Conclusions and Significance

Through single-cell transcriptomic analysis and the construction of an in vitro model, this study elucidated the molecular mechanisms underlying notochord formation in vertebrates and developed a novel model capable of mimicking key processes in human trunk development. This research not only provides new insights into vertebrate trunk development but also offers an important tool for future studies on tissue patterning and disease modeling in physiologically relevant environments.

Research Highlights

  1. Molecular Mechanisms of Notochord Formation: The study revealed the synergistic role of YAP, Wnt, and FGF signaling in notochord formation, particularly the promotion of TBXT expression by YAP inactivation.

  2. Development of a Novel In Vitro Model: The research successfully constructed three-dimensional trunk organoids containing a notochord, filling a gap in existing in vitro models regarding the notochord and its dependent tissues.

  3. Timing of Signaling Regulation: The study demonstrated that the timing of BMP and Nodal signaling inhibition is critical for notochord formation, providing important guidance for optimizing in vitro differentiation conditions.

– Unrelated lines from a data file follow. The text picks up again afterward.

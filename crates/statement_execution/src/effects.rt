//! The effect of a statement, before any of it is done.

ghost use Rattle.std.specs.Prelude.{◌≡◌, IfOk};
ghost use Rattle.row_tables.specs.Layers.{sight};
ghost use Rattle.statement_evaluation.specs.Effect.{effect};
ghost use Rattle.statement_evaluation.specs.Borrowed.{effect_at};
ghost use Rattle.statement_execution.specs.Run.{SeesAlone};

use crate::insert::{inserted, made};
use crate::matching::matching;
use crate::sights::Sight;
use bound_statements::Bound;
use events::Event;
use statement_evaluation::{Given, Writes, deleted, nothing, selected, telling, updated};
use std::alloc::{AllocError, Global};

/// The effect of a statement on the rows that a session sees: what it tells and leaves, or why it fails. Nothing of it is done yet. No other session
/// may have a write, neither kept nor undone, where the statement looks. It fails for want of memory alone.
pub fn effect_of<'a, S: Sight<'a>>(
    alloc: Global,
    statement: &'a Bound,
    session: u8,
    rows: S,
) -> Result<Given, AllocError>
    requires { SeesAlone session statement.now (S.layers rows) }
    ensures { IfOk result (λ given. effect_at given ≡ effect statement.now (sight session (S.layers rows))) }
{
    match statement {
        Bound::Select(table, key, condition, order, output, _) => {
            let found = matching(alloc, rows, session, *table, key.as_ref(), condition)?;
            selected(alloc, order.as_slice(), output, found)
        }
        Bound::Insert(table, key_column, new) => {
            let writes = made(alloc, rows, session, *table, *key_column, new.as_slice())?;
            Ok(inserted(alloc, writes))
        }
        Bound::Update(table, key, sets, condition) => {
            let found = matching(alloc, rows, session, *table, key.as_ref(), condition)?;
            updated(alloc, sets.as_slice(), found)
        }
        Bound::Delete(table, key, condition) => {
            let found = matching(alloc, rows, session, *table, key.as_ref(), condition)?;
            deleted(alloc, found)
        }
        Bound::Lock(_, _, _) => Ok(telling(alloc, Event::Locked, Writes::new(alloc))),
        Bound::SetVariable => Ok(telling(alloc, Event::Set, Writes::new(alloc))),
        Bound::Begin(_) | Bound::Commit | Bound::Rollback => Ok(nothing(alloc)),
    }
}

Additional Valuable Information

The research team also detailed the cell types and tissue structures of the three-dimensional trunk organoids through single-cell RNA sequencing and imaging analysis, further validating the physiological relevance of the model. Additionally, the study found that notochord-like cells could regulate the patterning of surrounding neural tissues through the secretion of SHH signaling molecules, consistent with in vivo developmental processes.

In summary, this study provides new tools and insights for research on vertebrate trunk development, with significant scientific and practical value.